I officially call an end to this curse  

With that said, Rufus, I am really sorry to hear that, luckily your ok and the car doesn't have *that* much damage though I know how crazy I get from just a door ding

Lucky for you this didn't happen to your car


----------



## Dr. Phil (Dec 19, 2001)

Alan F said:


> *
> 
> I officially call an end to this curse
> 
> *


Curse back on effective tomorrow at 10:30 a.m. :yikes:  :eeps:


----------



## in_d_haus (Jan 2, 2002)

TD said:


> *At the risk of being flamed, that is damn minor damage. And taken in view of your subject line, it's almost laughably minor. That can be fixed wasily and cheaply. Hell, that doesn't even look like $1000 worth of damage. *


I'm sorry it happened but the damage is fairly minor. Dent Wizard can get those dents out no problem. Window and rear view mirror glas can be replaced. Doors will need to be reshot. Probably more than $1000 but not a huge expense.

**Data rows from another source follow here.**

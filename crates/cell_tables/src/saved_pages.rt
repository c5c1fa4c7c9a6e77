//! Bytes as they were, by their pages of 4096 bytes, each kept before its first change.
//!
//! `touch` keeps the pages that are about to change; `SavedPages` is seen as what was kept of each page.
//! With the bytes that are there now it gives the old ones: `before`. Room for that many pages is taken at
//! once, so that neither a change nor what follows it takes memory.

mod pages;
mod touching;

pub use pages::SavedPages;
pub use touching::touch;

Of course we gotta factor in a new set of undies for Rufus.. 

Sorry it happened man


----------



## bmwlover (Nov 9, 2002)

hey man im not trying to be a bad person but insurance people are ass holes. Just claim your car was parked and someone tryed to break in. Looks like a 2500 plus fixing account with labor to me. Insurance people are assholes just lie and say someone tried to break in. IM sorry guys but sometimes you got to lie , i doubt you want to pay 3k. I doubt you got "deer protection" under you insurance, i don't think it exists. That's what i would do.

Well im really happy your ok and yes, it's just a car. Incidents like this happen but your lucky nothing happened to you.Good luck and take care, keep us posted


----------



## johnlew (Dec 25, 2001)

bmwlover said:


> *hey man im not trying to be a bad person but insurance people are ass holes. Just claim your car was parked and someone tryed to break in. Looks like a 2500 plus fixing account with labor to me. Insurance people are assholes just lie and say someone tried to break in. IM sorry guys but sometimes you got to lie , i doubt you want to pay 3k. I doubt you got "deer protection" under you insurance, i don't think it exists. That's what i would do.
> 
> *


Great advice!  You'll be going far in this world.


----------



## LDPosse (Jul 25, 2002)

TD said:


> *
> 
> Where 'bouts do you live?
> 
> ...


We're out here in Central PA, not too far from Harrisburg and Hershey. The deer out here are awful, especially this time of year. I rarely make the 2 mile trip from my place to rufus's after dark without seeing a deer, and on some occasions I've seen packs of 10 or more!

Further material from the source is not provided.